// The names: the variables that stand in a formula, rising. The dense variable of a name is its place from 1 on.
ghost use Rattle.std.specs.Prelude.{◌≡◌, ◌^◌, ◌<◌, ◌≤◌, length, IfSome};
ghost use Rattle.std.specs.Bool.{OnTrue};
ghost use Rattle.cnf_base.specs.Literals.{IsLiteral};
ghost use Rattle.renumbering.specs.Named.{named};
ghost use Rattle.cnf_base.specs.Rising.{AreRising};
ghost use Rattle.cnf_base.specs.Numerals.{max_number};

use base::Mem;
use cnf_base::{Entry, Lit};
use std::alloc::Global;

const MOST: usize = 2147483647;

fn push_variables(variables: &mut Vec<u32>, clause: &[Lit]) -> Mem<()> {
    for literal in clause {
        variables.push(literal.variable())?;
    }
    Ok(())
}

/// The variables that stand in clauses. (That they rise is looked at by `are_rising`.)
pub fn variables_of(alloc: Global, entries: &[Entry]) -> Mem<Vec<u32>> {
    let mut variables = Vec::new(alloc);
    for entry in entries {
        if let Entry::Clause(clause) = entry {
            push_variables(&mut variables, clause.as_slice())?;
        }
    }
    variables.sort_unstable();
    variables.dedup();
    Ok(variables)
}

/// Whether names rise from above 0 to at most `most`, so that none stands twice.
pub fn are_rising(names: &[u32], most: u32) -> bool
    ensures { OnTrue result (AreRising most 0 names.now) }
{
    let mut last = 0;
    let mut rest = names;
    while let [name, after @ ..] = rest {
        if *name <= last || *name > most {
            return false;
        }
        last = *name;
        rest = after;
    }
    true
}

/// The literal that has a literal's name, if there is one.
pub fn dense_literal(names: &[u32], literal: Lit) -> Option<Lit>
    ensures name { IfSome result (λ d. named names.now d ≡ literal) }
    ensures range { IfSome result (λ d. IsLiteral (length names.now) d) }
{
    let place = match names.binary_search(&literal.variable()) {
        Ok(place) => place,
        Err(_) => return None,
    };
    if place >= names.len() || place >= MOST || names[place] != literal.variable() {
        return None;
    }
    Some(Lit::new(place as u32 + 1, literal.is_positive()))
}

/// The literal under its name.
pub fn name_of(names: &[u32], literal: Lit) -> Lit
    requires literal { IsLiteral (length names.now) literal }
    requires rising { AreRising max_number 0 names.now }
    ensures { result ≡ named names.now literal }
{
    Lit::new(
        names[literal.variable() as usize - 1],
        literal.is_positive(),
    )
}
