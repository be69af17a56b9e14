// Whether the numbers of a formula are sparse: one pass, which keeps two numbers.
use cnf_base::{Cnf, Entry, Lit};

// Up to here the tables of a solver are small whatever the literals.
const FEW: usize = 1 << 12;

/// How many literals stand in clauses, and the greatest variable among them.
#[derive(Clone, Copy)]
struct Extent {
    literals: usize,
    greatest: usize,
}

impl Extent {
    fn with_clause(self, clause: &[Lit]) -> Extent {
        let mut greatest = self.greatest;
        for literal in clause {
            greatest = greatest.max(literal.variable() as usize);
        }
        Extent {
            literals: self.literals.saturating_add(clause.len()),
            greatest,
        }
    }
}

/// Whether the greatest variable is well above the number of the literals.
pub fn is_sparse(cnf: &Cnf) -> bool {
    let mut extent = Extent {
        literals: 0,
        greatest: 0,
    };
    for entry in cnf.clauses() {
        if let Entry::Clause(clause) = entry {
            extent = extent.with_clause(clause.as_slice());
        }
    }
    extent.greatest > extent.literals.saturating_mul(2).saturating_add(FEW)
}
——
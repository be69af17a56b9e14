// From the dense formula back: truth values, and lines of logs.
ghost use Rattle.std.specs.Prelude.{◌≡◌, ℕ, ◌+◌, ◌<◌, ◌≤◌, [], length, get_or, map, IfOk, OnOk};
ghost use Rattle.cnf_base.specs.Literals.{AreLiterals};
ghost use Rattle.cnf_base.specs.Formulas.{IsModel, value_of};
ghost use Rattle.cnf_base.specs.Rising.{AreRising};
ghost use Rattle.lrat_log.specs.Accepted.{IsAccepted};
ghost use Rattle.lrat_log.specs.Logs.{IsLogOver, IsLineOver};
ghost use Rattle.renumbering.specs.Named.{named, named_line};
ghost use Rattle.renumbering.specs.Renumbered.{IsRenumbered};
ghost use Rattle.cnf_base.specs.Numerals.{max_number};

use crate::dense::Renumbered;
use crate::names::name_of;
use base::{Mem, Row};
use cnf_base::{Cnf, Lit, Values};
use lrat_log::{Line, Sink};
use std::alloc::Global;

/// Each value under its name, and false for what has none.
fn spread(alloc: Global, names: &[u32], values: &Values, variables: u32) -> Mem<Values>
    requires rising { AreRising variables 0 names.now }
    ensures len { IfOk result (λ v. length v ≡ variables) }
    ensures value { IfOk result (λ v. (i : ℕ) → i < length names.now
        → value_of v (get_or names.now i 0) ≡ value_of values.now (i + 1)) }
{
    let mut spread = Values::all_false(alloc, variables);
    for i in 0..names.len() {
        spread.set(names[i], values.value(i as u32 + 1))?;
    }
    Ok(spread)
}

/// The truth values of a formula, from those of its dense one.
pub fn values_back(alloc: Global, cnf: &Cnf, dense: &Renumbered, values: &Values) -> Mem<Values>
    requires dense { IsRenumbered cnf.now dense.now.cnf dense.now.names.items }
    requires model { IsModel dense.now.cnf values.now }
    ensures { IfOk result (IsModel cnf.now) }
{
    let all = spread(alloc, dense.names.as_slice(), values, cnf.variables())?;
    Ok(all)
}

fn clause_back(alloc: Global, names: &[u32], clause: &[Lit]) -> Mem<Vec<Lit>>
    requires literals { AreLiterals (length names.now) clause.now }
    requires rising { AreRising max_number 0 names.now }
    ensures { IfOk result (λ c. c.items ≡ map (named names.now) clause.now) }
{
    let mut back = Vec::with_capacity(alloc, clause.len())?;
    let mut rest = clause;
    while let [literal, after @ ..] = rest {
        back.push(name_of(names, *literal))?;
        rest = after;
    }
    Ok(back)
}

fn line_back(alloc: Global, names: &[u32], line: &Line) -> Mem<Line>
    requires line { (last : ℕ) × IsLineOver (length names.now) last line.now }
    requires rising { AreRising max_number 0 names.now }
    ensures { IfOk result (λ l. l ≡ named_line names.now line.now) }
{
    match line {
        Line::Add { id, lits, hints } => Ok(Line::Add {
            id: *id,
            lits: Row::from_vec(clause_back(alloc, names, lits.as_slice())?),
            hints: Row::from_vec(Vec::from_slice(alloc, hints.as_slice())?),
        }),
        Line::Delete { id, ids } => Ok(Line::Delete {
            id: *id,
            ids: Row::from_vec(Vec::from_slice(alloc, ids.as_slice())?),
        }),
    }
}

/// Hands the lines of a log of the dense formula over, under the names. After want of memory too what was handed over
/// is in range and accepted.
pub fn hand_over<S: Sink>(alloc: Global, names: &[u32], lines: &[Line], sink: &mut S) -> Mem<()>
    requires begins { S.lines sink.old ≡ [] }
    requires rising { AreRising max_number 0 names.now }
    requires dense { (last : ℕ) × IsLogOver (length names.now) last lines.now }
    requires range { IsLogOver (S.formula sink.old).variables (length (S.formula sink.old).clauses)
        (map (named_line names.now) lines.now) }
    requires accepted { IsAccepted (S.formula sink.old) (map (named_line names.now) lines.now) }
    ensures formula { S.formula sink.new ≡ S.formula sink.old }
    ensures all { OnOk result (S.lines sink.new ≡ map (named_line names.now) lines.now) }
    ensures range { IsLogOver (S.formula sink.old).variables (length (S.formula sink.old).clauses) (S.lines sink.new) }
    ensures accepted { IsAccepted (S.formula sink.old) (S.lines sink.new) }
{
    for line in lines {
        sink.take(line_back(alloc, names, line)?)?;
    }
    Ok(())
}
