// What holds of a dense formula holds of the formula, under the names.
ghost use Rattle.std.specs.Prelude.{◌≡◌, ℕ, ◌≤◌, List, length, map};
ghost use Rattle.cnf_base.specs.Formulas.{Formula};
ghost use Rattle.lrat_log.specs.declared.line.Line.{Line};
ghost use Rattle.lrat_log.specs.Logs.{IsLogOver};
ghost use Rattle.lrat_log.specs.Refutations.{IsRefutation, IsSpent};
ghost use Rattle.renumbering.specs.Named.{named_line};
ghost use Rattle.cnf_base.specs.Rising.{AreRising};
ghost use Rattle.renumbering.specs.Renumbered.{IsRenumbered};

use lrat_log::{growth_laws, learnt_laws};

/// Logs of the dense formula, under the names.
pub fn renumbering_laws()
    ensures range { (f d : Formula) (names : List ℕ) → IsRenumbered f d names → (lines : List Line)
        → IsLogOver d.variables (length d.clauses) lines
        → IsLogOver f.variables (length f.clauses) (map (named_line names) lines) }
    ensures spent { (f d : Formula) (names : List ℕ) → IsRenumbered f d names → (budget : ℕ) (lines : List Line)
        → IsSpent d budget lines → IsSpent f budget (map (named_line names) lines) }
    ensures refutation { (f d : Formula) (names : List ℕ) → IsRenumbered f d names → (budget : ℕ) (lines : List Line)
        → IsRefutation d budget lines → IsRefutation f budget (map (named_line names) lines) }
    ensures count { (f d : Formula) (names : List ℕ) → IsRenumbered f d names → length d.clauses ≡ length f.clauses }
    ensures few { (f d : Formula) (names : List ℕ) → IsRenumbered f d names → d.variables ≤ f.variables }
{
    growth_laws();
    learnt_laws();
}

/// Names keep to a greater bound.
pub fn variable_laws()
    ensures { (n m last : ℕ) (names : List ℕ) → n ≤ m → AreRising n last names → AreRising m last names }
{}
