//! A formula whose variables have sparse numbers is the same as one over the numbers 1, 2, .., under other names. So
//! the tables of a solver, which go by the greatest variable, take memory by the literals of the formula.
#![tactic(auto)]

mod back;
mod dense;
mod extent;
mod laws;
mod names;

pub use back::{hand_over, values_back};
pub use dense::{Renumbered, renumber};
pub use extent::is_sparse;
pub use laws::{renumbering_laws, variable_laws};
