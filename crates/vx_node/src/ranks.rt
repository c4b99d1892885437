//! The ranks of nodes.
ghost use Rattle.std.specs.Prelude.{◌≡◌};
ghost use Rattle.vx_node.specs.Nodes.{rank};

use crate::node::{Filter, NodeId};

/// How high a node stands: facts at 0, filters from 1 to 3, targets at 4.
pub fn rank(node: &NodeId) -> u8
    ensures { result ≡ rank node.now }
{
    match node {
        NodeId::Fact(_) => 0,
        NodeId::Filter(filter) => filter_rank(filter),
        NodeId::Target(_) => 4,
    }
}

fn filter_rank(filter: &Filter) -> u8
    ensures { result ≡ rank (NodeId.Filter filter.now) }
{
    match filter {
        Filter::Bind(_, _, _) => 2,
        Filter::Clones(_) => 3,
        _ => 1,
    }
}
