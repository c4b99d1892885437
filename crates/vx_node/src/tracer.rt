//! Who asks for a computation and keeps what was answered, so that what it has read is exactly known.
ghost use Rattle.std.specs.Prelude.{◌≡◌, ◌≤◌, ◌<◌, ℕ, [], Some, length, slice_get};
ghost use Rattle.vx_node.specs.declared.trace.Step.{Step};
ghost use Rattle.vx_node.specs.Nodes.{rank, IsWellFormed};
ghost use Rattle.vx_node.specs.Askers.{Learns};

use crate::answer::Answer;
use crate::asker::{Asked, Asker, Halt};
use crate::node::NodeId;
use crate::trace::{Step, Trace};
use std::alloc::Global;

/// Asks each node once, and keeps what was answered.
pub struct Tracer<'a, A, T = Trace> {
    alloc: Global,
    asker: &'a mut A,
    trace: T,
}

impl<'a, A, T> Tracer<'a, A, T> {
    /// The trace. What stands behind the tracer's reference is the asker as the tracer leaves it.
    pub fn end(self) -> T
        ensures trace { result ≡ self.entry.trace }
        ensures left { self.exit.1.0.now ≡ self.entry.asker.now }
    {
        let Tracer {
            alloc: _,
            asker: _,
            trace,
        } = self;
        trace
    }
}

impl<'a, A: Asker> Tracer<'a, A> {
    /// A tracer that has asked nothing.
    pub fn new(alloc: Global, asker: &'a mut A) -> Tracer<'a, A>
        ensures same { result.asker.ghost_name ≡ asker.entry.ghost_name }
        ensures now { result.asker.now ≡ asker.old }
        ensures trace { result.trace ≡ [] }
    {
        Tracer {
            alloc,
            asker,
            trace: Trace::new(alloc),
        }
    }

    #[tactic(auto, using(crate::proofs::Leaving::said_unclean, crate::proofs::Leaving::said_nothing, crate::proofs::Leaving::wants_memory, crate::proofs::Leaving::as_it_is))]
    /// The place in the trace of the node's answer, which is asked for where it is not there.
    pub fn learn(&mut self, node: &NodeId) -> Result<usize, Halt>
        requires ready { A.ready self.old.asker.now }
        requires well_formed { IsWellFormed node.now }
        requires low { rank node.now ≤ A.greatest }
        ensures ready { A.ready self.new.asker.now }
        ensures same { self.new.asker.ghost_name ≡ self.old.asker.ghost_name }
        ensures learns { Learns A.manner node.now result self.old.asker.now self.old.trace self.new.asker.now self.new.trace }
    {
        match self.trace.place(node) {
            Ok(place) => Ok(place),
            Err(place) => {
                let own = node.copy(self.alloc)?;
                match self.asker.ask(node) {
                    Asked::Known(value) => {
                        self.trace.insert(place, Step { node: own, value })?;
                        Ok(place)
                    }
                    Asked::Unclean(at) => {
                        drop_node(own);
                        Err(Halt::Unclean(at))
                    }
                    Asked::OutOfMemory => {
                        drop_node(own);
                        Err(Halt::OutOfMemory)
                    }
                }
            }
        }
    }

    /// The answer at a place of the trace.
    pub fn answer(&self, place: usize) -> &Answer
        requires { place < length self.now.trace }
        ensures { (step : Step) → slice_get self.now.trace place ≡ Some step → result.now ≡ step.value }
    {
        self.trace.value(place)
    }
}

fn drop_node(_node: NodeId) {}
——
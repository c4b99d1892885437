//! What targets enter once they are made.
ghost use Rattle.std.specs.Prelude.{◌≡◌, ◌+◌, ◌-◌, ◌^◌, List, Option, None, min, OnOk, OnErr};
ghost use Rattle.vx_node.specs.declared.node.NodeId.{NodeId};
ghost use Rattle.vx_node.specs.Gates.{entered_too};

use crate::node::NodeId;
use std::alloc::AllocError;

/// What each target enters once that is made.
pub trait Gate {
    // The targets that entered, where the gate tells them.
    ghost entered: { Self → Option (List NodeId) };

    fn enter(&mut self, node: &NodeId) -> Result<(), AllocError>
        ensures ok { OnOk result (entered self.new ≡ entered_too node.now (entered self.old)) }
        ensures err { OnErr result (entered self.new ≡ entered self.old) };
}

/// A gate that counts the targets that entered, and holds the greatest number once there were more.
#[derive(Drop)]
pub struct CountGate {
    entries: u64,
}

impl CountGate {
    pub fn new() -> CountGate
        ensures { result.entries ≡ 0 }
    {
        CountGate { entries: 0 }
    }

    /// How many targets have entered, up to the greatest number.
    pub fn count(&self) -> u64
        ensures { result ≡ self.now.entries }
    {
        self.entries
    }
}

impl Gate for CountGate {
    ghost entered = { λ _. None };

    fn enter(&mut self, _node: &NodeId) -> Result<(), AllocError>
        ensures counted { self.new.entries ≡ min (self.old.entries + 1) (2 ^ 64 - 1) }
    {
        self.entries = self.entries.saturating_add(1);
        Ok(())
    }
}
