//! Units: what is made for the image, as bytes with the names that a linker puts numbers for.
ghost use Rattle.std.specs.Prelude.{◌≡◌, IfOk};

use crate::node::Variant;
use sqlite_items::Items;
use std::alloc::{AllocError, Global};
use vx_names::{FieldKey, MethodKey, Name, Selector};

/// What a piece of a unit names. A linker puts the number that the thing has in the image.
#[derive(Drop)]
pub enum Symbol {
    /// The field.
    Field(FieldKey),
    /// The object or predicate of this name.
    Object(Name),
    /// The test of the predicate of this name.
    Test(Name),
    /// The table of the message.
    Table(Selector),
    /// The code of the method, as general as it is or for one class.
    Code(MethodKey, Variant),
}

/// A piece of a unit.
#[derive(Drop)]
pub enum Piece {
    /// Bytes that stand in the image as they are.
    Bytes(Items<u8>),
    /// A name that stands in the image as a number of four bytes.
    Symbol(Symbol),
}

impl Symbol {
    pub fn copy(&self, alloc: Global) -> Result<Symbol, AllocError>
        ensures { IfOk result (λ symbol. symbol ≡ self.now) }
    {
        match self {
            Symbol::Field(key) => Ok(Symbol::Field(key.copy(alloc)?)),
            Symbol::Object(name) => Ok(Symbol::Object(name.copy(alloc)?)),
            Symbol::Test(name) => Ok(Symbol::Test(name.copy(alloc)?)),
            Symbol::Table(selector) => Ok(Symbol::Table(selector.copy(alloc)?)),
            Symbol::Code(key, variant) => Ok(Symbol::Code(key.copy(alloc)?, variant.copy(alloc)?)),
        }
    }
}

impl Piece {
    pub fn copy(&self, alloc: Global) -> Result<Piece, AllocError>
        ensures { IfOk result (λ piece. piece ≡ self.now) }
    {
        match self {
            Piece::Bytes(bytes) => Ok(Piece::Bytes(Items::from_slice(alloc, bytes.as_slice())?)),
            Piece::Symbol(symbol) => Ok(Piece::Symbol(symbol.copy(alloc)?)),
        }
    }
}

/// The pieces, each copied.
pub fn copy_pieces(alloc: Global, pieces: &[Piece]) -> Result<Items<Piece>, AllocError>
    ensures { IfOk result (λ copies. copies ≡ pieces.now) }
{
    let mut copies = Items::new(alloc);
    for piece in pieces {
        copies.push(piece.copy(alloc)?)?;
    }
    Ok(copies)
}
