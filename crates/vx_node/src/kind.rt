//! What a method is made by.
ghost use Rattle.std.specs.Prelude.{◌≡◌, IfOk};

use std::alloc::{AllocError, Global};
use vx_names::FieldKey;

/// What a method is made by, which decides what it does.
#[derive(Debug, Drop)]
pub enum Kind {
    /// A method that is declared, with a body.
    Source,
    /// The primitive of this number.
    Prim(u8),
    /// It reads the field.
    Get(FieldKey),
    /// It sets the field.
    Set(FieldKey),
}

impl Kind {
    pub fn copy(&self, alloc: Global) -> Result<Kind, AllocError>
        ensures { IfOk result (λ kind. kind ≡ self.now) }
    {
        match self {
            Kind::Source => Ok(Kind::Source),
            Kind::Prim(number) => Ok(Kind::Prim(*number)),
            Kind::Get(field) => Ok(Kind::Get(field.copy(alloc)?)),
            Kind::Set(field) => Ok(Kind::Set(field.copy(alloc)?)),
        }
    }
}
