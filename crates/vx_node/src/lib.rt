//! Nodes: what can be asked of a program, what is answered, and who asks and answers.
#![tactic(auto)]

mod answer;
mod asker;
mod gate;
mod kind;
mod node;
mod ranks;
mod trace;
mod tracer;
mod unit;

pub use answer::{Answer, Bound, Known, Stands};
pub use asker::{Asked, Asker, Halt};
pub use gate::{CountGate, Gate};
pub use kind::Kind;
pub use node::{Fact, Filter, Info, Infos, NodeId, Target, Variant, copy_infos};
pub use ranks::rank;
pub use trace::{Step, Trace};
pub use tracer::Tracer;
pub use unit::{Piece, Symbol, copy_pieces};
——
» PROMPT
For each line in the data that holds the word "OnOk", copy the line.

» SOLUTION FOR THIS PROBLEM
ghost use Rattle.std.specs.Prelude.{◌≡◌, ℕ, ◌+◌, ◌<◌, ◌≤◌, [], length, get_or, map, IfOk, OnOk};
    ensures all { OnOk result (S.lines sink.new ≡ map (named_line names.now) lines.now) }
ghost use Rattle.std.specs.Prelude.{◌≡◌, ◌+◌, ◌-◌, ◌^◌, List, Option, None, min, OnOk, OnErr};
        ensures ok { OnOk result (entered self.new ≡ entered_too node.now (entered self.old)) }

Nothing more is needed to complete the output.